Início B1 António Costa e Silva não esqueceu o turismo

António Costa e Silva não esqueceu o turismo

António Costa e Silva, convidado pelo Governo para estudar um plano de retoma económica para o período pós-pandemia, já apresentou as suas ideias ao Executivo e o turismo consta da lista do plano a executar.

Num documento com 119 páginas, sob o título ‘Visão estratégica para o plano de recuperação económica e social de Portugal 2020-2030’, o designado paraministro apresentou ao Governo os seus planos para a retoma.

No que toca à ferrovia, Costa e Silva considera importante concluir os projectos em curso e modernizar a rede portuguesa, apontando também para a construção de um eixo ferroviário de alta velocidade Porto-Lisboa para passageiros, começando com o troço Porto-Soure (onde existem mais constrangimentos de circulação).

O gestor tem também planos em relação às ligações aéreas: escreve que é importante construir um aeroporto para a Grande Lisboa, considerando que esta infra-estrutura será importante não só do ponto de vista do turismo, mas também em muitas outras fileiras económicas.

Apesar do destaque nas infraestruturas, Costa e Silva realça ainda, no seu plano que em relação ao turismo, o país deve promover um grande plano para captar a atenção dos mercados mais importantes com base nas valências que Portugal apresenta em termos da sua diversidade geográfica e paisagística.

– A oferta deve ser diversificada, explorando as diferentes partes do território e é importante apostar na qualidade e ter como indicadores não só o número de visitantes, mas também a rentabilidade por turista, escreve ainda Costa e Silva.

Para a recapitalização das empresas, Costa e Silva defende a criação de um fundo, de base pública, de capital e quase capital, aberto a fundos privados, para operações preferencialmente em coinvestimento, dirigido a empresas com orientação exportadora e potencialidades de exploração de escala.

Ao todo, são dezenas de propostas apresentados em traços gerais categorizados em dez pontos cruciais: ferrovia, reindustrialização,  reconversão industrial, recapitalização das empresas, Estado, turismo, transição energética, saúde a questão social.

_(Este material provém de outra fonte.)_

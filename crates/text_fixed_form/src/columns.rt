// Columns of a line: its bytes, counted from 1. A column past the line's end is blank.
ghost use Rattle.std.specs.Prelude.{◌≡◌, ◌≤◌, drop};
ghost use Rattle.text_fixed_form.specs.Mark.{column, all_blank, is_outside, any_outside};

// what a missing column is read as
pub const BLANK: u8 = b' ';

// The columns after the first `count`.
pub fn columns_after(line: &[u8], count: usize) -> &[u8]
    ensures { result.now ≡ drop count line.now }
{
    line.get(count..).unwrap_or(&[])
}

// The byte in the column `number`.
pub fn column(line: &[u8], number: usize) -> u8
    requires { 1 ≤ number }
    ensures { result ≡ column number line.now }
{
    line.get(number - 1).copied().unwrap_or(BLANK)
}

// Whether every column is blank. With `all` blank lines took up to 1.7 times as long: six instructions a column, not five.
pub fn all_blank(line: &[u8]) -> bool
    ensures { result ≡ all_blank line.now }
{
    for byte in line {
        if *byte != BLANK {
            return false;
        }
    }
    true
}

// Whether a column has a byte that no line may have. Few lines do, so this is no `any`, which stops at one:
// then the compiler takes many columns at a time.
pub fn any_outside(line: &[u8]) -> bool
    ensures { result ≡ any_outside line.now }
{
    line.iter()
        .fold(false, |found, byte| found | is_outside(*byte))
}

// Whether no line may have `byte`: it is neither a blank nor a printed character of ASCII.
fn is_outside(byte: u8) -> bool
    ensures { result ≡ is_outside byte }
{
    !matches!(byte, b' '..=b'~')
}
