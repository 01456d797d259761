// Words at the start of a statement, which is read without its blanks and without regard to case.
ghost use Rattle.std.specs.Prelude.{◌≡◌};
ghost use Rattle.text_fixed_form.specs.Mark.{begins, text, upper_case};

use crate::columns::BLANK;

// Whether the columns `line`, read so, begin with `word`, whose letters are upper case.
pub fn begins(word: &[u8], line: &[u8]) -> bool
    ensures { result ≡ begins word.now (text line.now) }
{
    let mut left = word;
    for &byte in line {
        if byte != BLANK {
            let [letter, rest @ ..] = left else {
                return true;
            };
            if upper_case(byte) != *letter {
                return false;
            }
            left = rest;
        }
    }
    left.is_empty()
}

// A small letter as its capital, any other byte as it is.
fn upper_case(byte: u8) -> u8
    ensures { result ≡ upper_case byte }
{
    byte.to_ascii_uppercase()
}
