// Marks for the lines of a fixed-form Fortran program (RULES, Marks of a line).
#![tactic(auto)]

ghost use Rattle.std.specs.Prelude.{◌≡◌};
ghost use Rattle.text_fixed_form.specs.Mark.{mark_of, symbol_of, first_that_fits, rules};
ghost use Rattle.text_fixed_form.specs.Mark.{is_comment, is_continuation, opens_comment, continues};

use columns::{BLANK, all_blank, any_outside, column, columns_after};
use geometry::Record;
use text_lines::first_bytes;
use words::begins;

mod columns;
mod words;

// What a line is, by its mark.
#[derive(Clone, Copy)]
enum LineMark {
    // any other line
    Other = 0,
    Comment = 1,
    // of the line before
    Continuation = 2,
    // a statement that lets names share storage
    StorageShared = 3,
    // a statement of common storage
    Common = 4,
    // a line with a byte that no line may have
    Outside = 15,
}

// The mark of `line`, which comes without its line end and may have any length and any bytes. It is a number, since that is what the index
// keeps and what C links.
#[tactic(auto, unfolding(crate::specs::Mark::mark_of))]
pub fn mark(line: &[u8]) -> u8
    ensures { result ≡ mark_of line.now }
{
    mark_of_card(first_bytes(line, Record::LAST_COLUMN)) as u8
}

// The mark of a line whose columns are all read: that of the first rule that fits.
fn mark_of_card(card: &[u8]) -> LineMark
    ensures { symbol_of result ≡ first_that_fits (rules card.now) }
{
    if any_outside(card) {
        return LineMark::Outside;
    }
    if is_comment(card) {
        return LineMark::Comment;
    }
    if is_continuation(card) {
        return LineMark::Continuation;
    }
    let statement = columns_after(card, Record::CONTINUATION_COLUMN);
    if begins(b"EQUIVALENCE(", statement) {
        return LineMark::StorageShared;
    }
    if begins(b"COMMON", statement) {
        return LineMark::Common;
    }
    LineMark::Other
}

// Whether the line is a comment: all blank, or by its first column.
fn is_comment(card: &[u8]) -> bool
    ensures { result ≡ is_comment card.now }
{
    all_blank(card) || opens_comment(column(card, 1))
}

// Whether `byte`, in column 1, makes the line a comment.
fn opens_comment(byte: u8) -> bool
    ensures { result ≡ opens_comment byte }
{
    matches!(byte, b'C' | b'c' | b'*')
}

// Whether the line is a continuation: blank before the continuation column, and by that column.
fn is_continuation(card: &[u8]) -> bool
    ensures { result ≡ is_continuation card.now }
{
    all_blank(first_bytes(card, Record::CONTINUATION_COLUMN - 1))
        && continues(column(card, Record::CONTINUATION_COLUMN))
}

// Whether `byte`, in the continuation column, makes the line a continuation.
fn continues(byte: u8) -> bool
    ensures { result ≡ continues byte }
{
    byte != BLANK
}
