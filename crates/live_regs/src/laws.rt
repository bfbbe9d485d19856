//! Laws of the definitions, as contracts of a function that does nothing.

ghost use Rattle.live_regs.specs.Unique.{MaskIsUnique, LivesAreUnique, AllLivesAreUnique};

/// What is said of a mask determines it, and so the live registers of a function, and of all.
pub fn one_mask()
    ensures mask { MaskIsUnique }
    ensures lives { LivesAreUnique }
    ensures all { AllLivesAreUnique }
{}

No mesmo documento no qual detalha os seus planos para a recuperação económica e social de Portugal, o consultor deixa claro que o período que se avizinha não será fácil e apresenta uma previsão do PIB até 2 vezes mais pessimista do que a do Governo.

O consultor pede ao Governo que considere a possibilidade de aliviar a carga fiscal das pequenas e médias empresas que empregam mais de 75% das pessoas em Portugal.

– É crucial prestar atenção às pequenas e médias empresas (PME), porque representam mais de 95% do tecido empresarial português e empregam mais de 75% das pessoas. A saída da economia do estado de coma, a sua recuperação e a criação de condições para o crescimento económico, implica ter empresas mais saudáveis, ajudá-las a resolver problemas de financiamento e considerar a possibilidade de aliviar a sua carga fiscal, que é muito elevada e torna o país menos competitivo, defende António Costa Silva no documento.

Quanto ao Produto Interno Bruto português, mostra-se bem mais pessimista do que o Governo. O país pode vir a enfrentar uma das piores crises da sua história: a queda do PIB em 2020 pode chegar aos 12%; a queda do consumo aos 11%; a queda do investimento aos 26% e a taxa de desemprego aos 11,5%, estimou.

– A partir de Setembro de 2020, a situação de muitas empresas pode deteriorar-se significativamente e é fundamental existir no terreno um programa agressivo para evitar o colapso de empresas rentáveis, que são essenciais para o futuro da economia portuguesa, disse, acrescentando tratar-se de um desafio de ordem gigantesca que carece de resposta urgente.

– O espaço temporal que vai mediar entre a significativa deterioração da economia no segundo semestre de 2020 e a chegada da ajuda europeia em 2021 pode ser fatal para muitas empresas se não existirem respostas adequadas, alertou ainda.

Costa e Silva foi nomeado pelo Governo no início de Junho para desenhar o Programa de Recuperação Económica e Social 2020-2030.